The Eisenhower, Kennedy and Johnson administrations all pressed Israel for information about its nuclear program. As a Max Fisher describes it, even when U.S. intelligence did finally discovered the Dimona plant, “Israeli leaders insisted this was for peaceful purposes only and that they were not interested in acquiring a nuclear weapon. Quite simply, they were lying, and for years resisted and stalled U.S. backed nuclear inspectors sent to the facility.”  

The end of the French connection with Israel and the beginning of the American one, came quite dramatically as the result of the 1967 Middle East War.

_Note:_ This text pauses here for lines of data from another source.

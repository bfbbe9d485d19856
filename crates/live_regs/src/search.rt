//! Blocks and edges by their addresses.

ghost use Rattle.std.specs.Prelude.{◌<◌, ◌≤◌, ◌-◌, AllPairs, Contains, IfNone, IfSome, IsTrue, length};
ghost use Rattle.std.specs.Prelude.{◌≡◌, drop, slice_index_or, take};
ghost use Rattle.std.specs.List.Sorted.{IsNonDecreasingBy, IsStrictlyIncreasing};
ghost use Rattle.cfg_model.specs.declared.graph.Edge.{Edge};
ghost use Rattle.cfg_model.specs.Graph.Graph.{BlockBefore};
ghost use Rattle.live_regs.specs.Noted.{AreBetween};
ghost use Rattle.live_regs.specs.Inner.{HasBlockAt, IsFirst, IsNumber, IsPlace};

use cfg_model::{Block, Edge};

/// The place of the block that starts at `a`, where there is one: first looked for at `near`.
pub(crate) fn number_near(blocks: &[Block], near: usize, a: u64) -> Option<usize>
    requires { AllPairs BlockBefore blocks.now }
    ensures some { IfSome result (IsNumber blocks.now a) }
    ensures none { IfNone result (¬ HasBlockAt blocks.now a) }
{
    if near < blocks.len() && blocks[near].start == a {
        return Some(near);
    }
    match blocks.binary_search_by_key(&a, |block| block.start) {
        Ok(number) => Some(number),
        Err(_) => None,
    }
}

/// The place of the address `a`, where it is one of these: first looked for at `near`.
pub(crate) fn place_near(addresses: &[u64], near: usize, a: u64) -> Option<usize>
    requires { IsStrictlyIncreasing addresses.now }
    ensures some { IfSome result (IsPlace addresses.now a) }
    ensures none { IfNone result (¬ Contains addresses.now a) }
{
    if near < addresses.len() && addresses[near] == a {
        return Some(near);
    }
    match addresses.binary_search(&a) {
        Ok(place) => Some(place),
        Err(_) => None,
    }
}

/// The place of the first edge that leaves `a` or a later address: first looked for at `near`.
pub(crate) fn first_near(edges: &[Edge], near: usize, a: u64) -> usize
    requires { IsNonDecreasingBy (λ edge. edge.from) edges.now }
    ensures { IsFirst edges.now a result }
{
    if is_first(edges, near, a) {
        near
    } else {
        edges.partition_point(|edge| edge.from < a)
    }
}

/// Whether this is the place of the first edge that leaves `a` or a later address.
fn is_first(edges: &[Edge], place: usize, a: u64) -> bool
    requires { IsNonDecreasingBy (λ edge. edge.from) edges.now }
    ensures { IsTrue result → IsFirst edges.now a place }
{
    if place > edges.len() {
        return false;
    }
    let before = ends_before(edges, place, a);
    let after = begins_after(edges, place, a);
    before && after
}

/// Whether the edge before this place leaves a lower address, where there is one.
fn ends_before(edges: &[Edge], place: usize, a: u64) -> bool
    requires { place ≤ length edges.now }
    ensures { IsTrue result → 0 < place
        → (d : Edge) → (slice_index_or edges.now (place - 1) d).from < a }
{
    place == 0 || edges[place - 1].from < a
}

/// Whether the edge at this place leaves `a` or a later address, where there is one.
fn begins_after(edges: &[Edge], place: usize, a: u64) -> bool
    requires { place ≤ length edges.now }
    ensures { IsTrue result → place < length edges.now
        → (d : Edge) → a ≤ (slice_index_or edges.now place d).from }
{
    place == edges.len() || edges[place].from >= a
}

/// The end of the edges that leave `a`: the place after the last one. They begin at `first`.
pub(crate) fn end_from(edges: &[Edge], first: usize, a: u64) -> usize
    requires in_order { IsNonDecreasingBy (λ edge. edge.from) edges.now }
    requires first { IsFirst edges.now a first }
    ensures { AreBetween edges.now a first result }
{
    let mut end = first;
    while end < edges.len() && edges[end].from == a {
        end += 1;
    }
    end
}

/// The edges from one place on and before another.
pub(crate) fn between(edges: &[Edge], first: usize, end: usize) -> &[Edge]
    requires ordered { first ≤ end }
    requires within { end ≤ length edges.now }
    ensures { result.now ≡ take (end - first) (drop first edges.now) }
{
    &edges[first..end]
}
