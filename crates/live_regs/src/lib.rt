//! Live registers: of each block of a function, the integer registers whose value on entry may still
//! be used.
//!
//! - `effects`: which registers an instruction and a block read and write.
//! - `words`: the same by the bits of an instruction, mostly without decoding it.
//! - [`program`]: the blocks and edges of a program, and what its blocks read and write.
//! - `search`: blocks and edges by their addresses.
//! - `gather`: the masks of one function's blocks to begin with, and the ways between them.
//! - [`function`]: the live registers of one function.
//! - `laws`: what determines them.
#![tactic(auto)]

mod effects;
pub mod function;
mod gather;
mod laws;
pub mod program;
mod search;
mod words;

pub use effects::{Effects, effects_of};
pub use function::{Scratch, lives, lives_with};
pub use laws::one_mask;
pub use program::{PIECE_BLOCKS, Program, effects_of_piece};
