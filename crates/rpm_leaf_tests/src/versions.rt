//! Versions, ranges and capabilities by worked cases.

use rpm_version::{Capability, Evr, compare, compare_evr, overlap};
use std::cmp::Ordering;

const HUNDRED_DIGITS: &[u8] =
    b"1234567890123456789012345678901234567890123456789012345678901234567890123456789012345678901234567890";

const NEXT_OF_THEM: &[u8] =
    b"1234567890123456789012345678901234567890123456789012345678901234567890123456789012345678901234567891";

// The first eight are this project's worked cases, and the next sixteen are of rpm's own tests of its comparison.
const VERSIONS: &[(&[u8], &[u8], Ordering)] = &[
    (b"1.0", b"1.0.", Ordering::Equal),
    (b"1.01", b"1.1", Ordering::Equal),
    (b"1a", b"1.1", Ordering::Less),
    (b"1.0~rc1", b"1.0", Ordering::Less),
    (b"1.0^git1", b"1.0", Ordering::Greater),
    (b"1.0^git1", b"1.0.1", Ordering::Less),
    (b"", b"~", Ordering::Greater),
    (b"1.0~", b"1.0^", Ordering::Less),
    (b"2.0.1a", b"2.0.1", Ordering::Greater),
    (b"5.5p10", b"5.5p1", Ordering::Greater),
    (b"10xyz", b"10.1xyz", Ordering::Less),
    (b"xyz.4", b"8", Ordering::Less),
    (b"10b2", b"10a1", Ordering::Greater),
    (b"1.0aa", b"1.0a", Ordering::Greater),
    (b"20101121", b"20101122", Ordering::Less),
    (b"2_0", b"2.0", Ordering::Equal),
    (b"6.0.rc1", b"6.0", Ordering::Greater),
    (b"1.0~rc1~git123", b"1.0~rc1", Ordering::Less),
    (b"1.0^", b"1.0", Ordering::Greater),
    (b"1.0^", b"1.0^git1", Ordering::Less),
    (b"1.0^git1", b"1.01", Ordering::Less),
    (b"1.0^20160101^git1", b"1.0^20160101", Ordering::Greater),
    (b"1.0~rc1^git1", b"1.0~rc1", Ordering::Greater),
    (b"1.0^git1~pre", b"1.0^git1", Ordering::Less),
    (HUNDRED_DIGITS, NEXT_OF_THEM, Ordering::Less),
    (HUNDRED_DIGITS, b"9", Ordering::Greater),
    (b"1.0000000000000000000000", b"1.0", Ordering::Equal),
    (b"000", b"", Ordering::Greater),
    (b"1\xff\x800", b"1.0", Ordering::Equal),
    (b".-_+\xe9", b"", Ordering::Equal),
    (b"1.0~~", b"1.0~", Ordering::Less),
    (b"1.0~^", b"1.0~", Ordering::Greater),
    (b"^1", b"1", Ordering::Less),
    (b"~1", b"^", Ordering::Less),
    (b"a", b"1", Ordering::Less),
    (b"Z", b"a", Ordering::Less),
];

const PARTS: &[(&[u8], Option<&[u8]>, &[u8], Option<&[u8]>)] = &[
    (b"0:1-1", Some(b"0"), b"1", Some(b"1")),
    (b":", Some(b""), b"", None),
    (b"00012:5", Some(b"00012"), b"5", None),
    (b"1a:2", None, b"1a:2", None),
    (b"1.0-", None, b"1.0", None),
    (b"-1", None, b"", Some(b"1")),
    (b"1-2-3", None, b"1-2", Some(b"3")),
    (b"1:2:3-4", Some(b"1"), b"2:3", Some(b"4")),
    (b"1-2:3", None, b"1", Some(b"2:3")),
    (b"12", None, b"12", None),
    (b"", None, b"", None),
];

const EPOCHS: &[(&[u8], &[u8], Ordering)] = &[
    (b"1:1", b"2", Ordering::Greater),
    (b"0:1", b"1", Ordering::Equal),
    (b":1", b"1", Ordering::Equal),
    (b"00012:1", b"12:1", Ordering::Equal),
    (b"9:1", b"10:1", Ordering::Less),
    (b"1-1", b"1", Ordering::Equal),
    (b"1-2", b"1-", Ordering::Equal),
    (b"1-1", b"1-2", Ordering::Less),
    (b"2-1", b"1-2", Ordering::Greater),
    (b"1a:1", b"1:1", Ordering::Less),
];

// Two ranges, each of flags and a version, and whether they overlap.
const RANGES: &[(u32, &[u8], u32, &[u8], bool)] = &[
    (4, b"1.0-1", 8, b"1.0", true),
    (4, b"1.0-1", 8, b"1.0-", true),
    (4, b"1.0-1", 8, b"1.0-1", false),
    (12, b"1.0", 8, b"1.0~rc1-1", false),
    (12, b"1.0", 8, b"1.0^git1-1", true),
    (0, b"1.0", 2, b"0.1", true),
    (1 << 24, b"1.0", 2, b"0.1", true),
    (8, b"", 8, b"2", true),
    (8, b"1", 8, b"2", false),
    (4, b"1", 8, b"2", true),
    (8, b"1", 2, b"2", true),
    (2, b"1", 4, b"2", false),
    (2, b"2", 8, b"1", true),
    (8, b"2", 4, b"1", true),
    (4, b"2", 2, b"1", false),
    (2, b"1", 2, b"1", true),
    (4, b"1", 12, b"1", true),
    (2, b"1", 4, b"1", false),
    (2, b"1-1", 4, b"1", false),
];

// Texts with the name, the flags and the version of the capability that each is, if it is one.
const CAPABILITIES: &[(&str, Option<(&[u8], u32, &[u8])>)] = &[
    ("libx", Some((b"libx", 0, b""))),
    (" libx\t", Some((b"libx", 0, b""))),
    ("libx < 1.0", Some((b"libx", 2, b"1.0"))),
    ("libx <= 1.0", Some((b"libx", 10, b"1.0"))),
    ("libx = 1.0-1", Some((b"libx", 8, b"1.0-1"))),
    ("libx >= 1.0", Some((b"libx", 12, b"1.0"))),
    ("libx\t >= \t1.0", Some((b"libx", 12, b"1.0"))),
    ("libx > 1:1.0", Some((b"libx", 4, b"1:1.0"))),
    ("", None),
    (" \t", None),
    ("a b", None),
    ("libx <", None),
    ("a = b c", None),
    ("a == b", None),
    ("a => b", None),
    ("a=b = c d", None),
    ("< = > =", None),
];

/// The first versions of the table that compare otherwise.
fn unlike_versions() -> Option<(&'static [u8], &'static [u8])> {
    for &(a, b, order) in VERSIONS {
        if compare(a, b) != order || compare(b, a) != order.reverse() {
            return Some((a, b));
        }
    }
    None
}

/// The first text of the table that is cut otherwise.
fn unlike_parts() -> Option<&'static [u8]> {
    for &(text, epoch, version, release) in PARTS {
        let parts = Evr::read(text);
        if parts.epoch() != epoch || parts.version() != version || parts.release() != release {
            return Some(text);
        }
    }
    None
}

/// The first texts of the table that compare otherwise.
fn unlike_epochs() -> Option<(&'static [u8], &'static [u8])> {
    for &(a, b, order) in EPOCHS {
        if compare_evr(&Evr::read(a), &Evr::read(b)) != order {
            return Some((a, b));
        }
    }
    None
}

/// The first ranges of the table that overlap and ought not to, or the other way round.
fn unlike_ranges() -> Option<(&'static [u8], &'static [u8])> {
    for &(a_flags, a, b_flags, b, is_met) in RANGES {
        if overlap(a_flags, a, b_flags, b) != is_met || overlap(b_flags, b, a_flags, a) != is_met {
            return Some((a, b));
        }
    }
    None
}

fn is_capability(text: &str, parts: Option<(&[u8], u32, &[u8])>) -> bool {
    match (Capability::read(text), parts) {
        (Ok(read), Some((name, flags, evr))) => {
            read.name() == name && read.flags() == flags && read.evr() == evr
        }
        (read, parts) => read.is_err() && parts.is_none(),
    }
}

/// The first text of the table that is read otherwise.
fn unlike_capability() -> Option<&'static str> {
    for &(text, parts) in CAPABILITIES {
        if !is_capability(text, parts) {
            return Some(text);
        }
    }
    None
}

#[test]
fn versions_ranges_and_capabilities_are_those_by_hand(rt: HostRuntime) {
    let versions = unlike_versions();
    let parts = unlike_parts();
    let epochs = unlike_epochs();
    let ranges = unlike_ranges();
    let capability = unlike_capability();
    let is_same = versions.is_none() && parts.is_none() && epochs.is_none();
    assert!(rt;
        is_same && ranges.is_none() && capability.is_none(),
        "{versions:?} {parts:?} {epochs:?} {ranges:?} {capability:?}"
    );
}
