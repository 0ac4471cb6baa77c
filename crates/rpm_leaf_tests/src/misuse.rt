//! Command lines that break a rule.

use crate::words::line;
use rpm_words::{WordsFault, WordsKind, read};
use std::alloc::{AllocError, Global};

// Lines with the first rule that each breaks, and the word that breaks it.
const BROKEN: &[(&str, WordsKind, u32)] = &[
    ("", WordsKind::NoMode, 0),
    ("rpmx|-qa", WordsKind::NoMode, 0),
    ("rpm", WordsKind::NoMode, 1),
    ("rpm|a|b", WordsKind::NoMode, 3),
    ("rpm|-qz|bash", WordsKind::UnknownOption, 1),
    ("rpm|-q|--list=x|a", WordsKind::UnknownOption, 2),
    ("rpm|-q5|a", WordsKind::UnknownOption, 1),
    ("rpmdb|-q", WordsKind::UnknownOption, 1),
    ("rpm|-q", WordsKind::MissingArgument, 2),
    ("rpm|-qa|--qf", WordsKind::MissingArgument, 3),
    ("rpm|--replacepkg|1", WordsKind::MissingArgument, 3),
    ("rpm|-qa|-f|x", WordsKind::TwoModes, 2),
    ("rpm|-qaf", WordsKind::TwoModes, 1),
    ("rpm|-q|--addpkg|a", WordsKind::TwoModes, 2),
    ("rpm|--after|5|--erasepkg|1", WordsKind::Misplaced, 1),
    ("rpm|--erasepkg|-l|1", WordsKind::Misplaced, 2),
    ("rpm|--replacepkg|1|a|b", WordsKind::ExtraArgument, 4),
    ("rpmdb|--initdb|a|b", WordsKind::ExtraArgument, 2),
    ("rpm|-q|--after|x|a", WordsKind::BadNumber, 3),
    ("rpm|-q|--after=|a", WordsKind::BadNumber, 2),
    ("rpm|-q|--after=4294967296|a", WordsKind::BadNumber, 2),
    ("rpmdb|--exercise|0", WordsKind::BadNumber, 2),
    ("rpmdb|--exercise|100001", WordsKind::BadNumber, 2),
    ("rpm|--erasepkg|1|a", WordsKind::BadNumber, 3),
    ("rpm|--replacepkg|a|1", WordsKind::BadNumber, 2),
    ("rpm|-q|--querybynumber|-", WordsKind::BadNumber, 3),
    ("rpm|-q|--whatrequires|libc <", WordsKind::BadCapability, 3),
    ("rpm|-q|--whatprovides|", WordsKind::BadCapability, 3),
    ("rpm|-q|--whatobsoletes|a| ", WordsKind::BadCapability, 4),
    ("rpm|-q|--tid|x", WordsKind::BadNumber, 3),
    ("rpm|-q|--whatrecommends|a <", WordsKind::BadCapability, 3),
    // Packages are verified with both options, and with no other.
    ("rpm|-Va", WordsKind::MissingArgument, 2),
    ("rpm|-V", WordsKind::MissingArgument, 2),
    ("rpm|-V|--nofiles", WordsKind::MissingArgument, 3),
    ("rpm|-Va|x", WordsKind::MissingArgument, 3),
    ("rpm|-Va|--noindex", WordsKind::Misplaced, 2),
    ("rpm|--nofiles", WordsKind::NoMode, 2),
    ("rpmdb|--checkfiles|x", WordsKind::ExtraArgument, 2),
    ("rpm|-qa|--nofiles", WordsKind::Misplaced, 2),
    ("rpm|-Va|--nofiles|x", WordsKind::ExtraArgument, 3),
    ("rpm|-Va|--nofiles|--qf|x", WordsKind::Misplaced, 3),
    ("rpm|--verify|-f|x", WordsKind::Misplaced, 2),
    ("rpm|--erasepkg|1|-a", WordsKind::Misplaced, 3),
    ("rpmdb|--order|x", WordsKind::ExtraArgument, 2),
    ("rpmdb|--order|--checkfiles", WordsKind::TwoModes, 2),
    // The texts on the program have no argument, and no option but the folder.
    ("rpm|--version|x", WordsKind::ExtraArgument, 2),
    ("rpmdb|x|--help", WordsKind::ExtraArgument, 1),
    ("rpm|--help|--version", WordsKind::TwoModes, 2),
    ("rpm|-q|--help|a", WordsKind::TwoModes, 2),
    ("rpm|--help|-a", WordsKind::Misplaced, 2),
    ("rpm|--version|-l|x", WordsKind::Misplaced, 2),
    ("rpmdb|--version|--dbpath", WordsKind::MissingArgument, 3),
    ("rpm|--help=x", WordsKind::UnknownOption, 1),
    ("rpm|-?", WordsKind::UnknownOption, 1),
    // An earlier word in front of a later one, whatever their faults.
    ("rpm|-qa|-f|-z", WordsKind::TwoModes, 2),
    ("rpm|-qa|--after=x|-f", WordsKind::BadNumber, 2),
    ("rpm|-qa|-z|-f", WordsKind::UnknownOption, 2),
    // One word with several faults.
    ("rpm|-q|-a|-fz", WordsKind::UnknownOption, 3),
    ("rpmdb|--initdb|--exercise=x", WordsKind::TwoModes, 2),
    // What a word has wrong by itself in front of what is missing, and that in front of the rest.
    ("rpmdb|--initdb|--exercise", WordsKind::TwoModes, 2),
    ("rpm|a|--qf", WordsKind::MissingArgument, 3),
    ("rpm|-l", WordsKind::NoMode, 2),
    ("rpm|--replacepkg|-l", WordsKind::Misplaced, 2),
    ("rpm|--replacepkg|a", WordsKind::MissingArgument, 3),
    ("rpm|--replacepkg|a|b|c", WordsKind::ExtraArgument, 4),
    ("rpm|-q|--after|-z", WordsKind::BadNumber, 3),
    // Of two rules that are broken one is told.
    ("rpm|-z", WordsKind::UnknownOption, 1),
    ("rpm|-q|-z", WordsKind::UnknownOption, 2),
    ("rpmdb|--initdb|a|-z", WordsKind::UnknownOption, 3),
    ("rpm|--erasepkg|-l|-z|1", WordsKind::UnknownOption, 3),
    ("rpm|-q|--after=x|-z|a", WordsKind::BadNumber, 2),
    ("rpm|-q|--whatrequires|a <|-z", WordsKind::UnknownOption, 4),
    ("rpm|-a|-f", WordsKind::TwoModes, 2),
    ("rpmdb|--initdb|--rebuilddb|a", WordsKind::TwoModes, 2),
    ("rpm|--erasepkg|-l|--addpkg|1", WordsKind::TwoModes, 3),
    ("rpm|-q|--whatrequires|a <|-f", WordsKind::TwoModes, 4),
    ("rpm|--after|x", WordsKind::BadNumber, 2),
    (
        "rpm|--replacepkg|1|a|b|--dbpath",
        WordsKind::MissingArgument,
        6,
    ),
    (
        "rpm|-q|--whatrequires|a <|--qf",
        WordsKind::MissingArgument,
        5,
    ),
    ("rpm|--replacepkg|-l|1|a|b", WordsKind::Misplaced, 2),
    ("rpm|--erasepkg|-l|x", WordsKind::Misplaced, 2),
    (
        "rpm|-q|--after|x|--whatrequires|a <",
        WordsKind::BadNumber,
        3,
    ),
];

/// The rule that a line breaks, if it breaks one.
fn fault_of(alloc: Global, text: &str) -> Result<Option<WordsFault>, AllocError> {
    let words = line(alloc, text)?;
    Ok(read(alloc, &words).err())
}

fn unlike_fault(alloc: Global) -> Option<&'static str> {
    for &(text, kind, word) in BROKEN {
        if fault_of(alloc, text) != Ok(Some(WordsFault { kind, word })) {
            return Some(text);
        }
    }
    None
}

#[test]
fn the_first_broken_rule_is_told(rt: HostRuntime) {
    let line = unlike_fault(rt.alloc());
    assert!(rt; line.is_none(), "{line:?}");
}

A few days before Israel’s pre-emptive strike, which was provoked by threatening moves by Egyptian President Gamal Nasser, de Gaulle publicly warned the Israelis to avoid hostilities and he imposed a temporary arms embargo on the region. As the Israelis were entirely armed by the French this might have hurt them, but the embargo did not involve spare parts and the war was over in six days - in large part because of the aerial victory won by the Israeli Air Force flying French made Mirages and Mysteres combat jets. Nevertheless unlike de Gaulle, in this fight President Lyndon Johnson had provided Israel both military and diplomatic support. 

Six months later, President de Gaulle used his annual news conference to lecture the Israelis for their conduct in the newly occupied Arab territories and urged a speedy withdraw.  And then he dropped this bombshell when he referred to the Jewish people as “an elite, sure of themselves, and domineering.” While de Gaulle could easily have been describing himself, his remarks were widely interpreted as anti- Semitic.

Today’s American historians tend to see de Gaulle’s shift as grandstanding for the Arabs. Perhaps. But based in France at the time, and having covered the ‘67 war, I heard his words as those of a proud old man, angry that his warnings had been ignored by those he’d so generously befriended.  I also felt he may have feared that Israel was now moving into Washington’s orbit- and so into the camp of dreaded Anglo-Saxons. Remember, also at that time de Gaulle had expelled NATO’s military command from France, rejected British membership in the European Common Market– and had gone to Montreal to urge “liberty” and “freedom” for French Canadians. To understand de Gaulle one had to realize the Anglo-Saxons were forever, France’s historical adversaries.

The CIA concluded in 1968 that Israel had the bomb. (It now may have as many as 400 warheads and the missiles, planes and submarines to deliver them.)  And within a year then Israeli Foreign Minister Golda Meir made a secret agreement with President Richard Nixon that Israel would neither openly test nor publicly speak of its nuclear capabilities - while the United States would implicitly accept Israel’s nukes with its silence. That deal pretty much holds true to this day.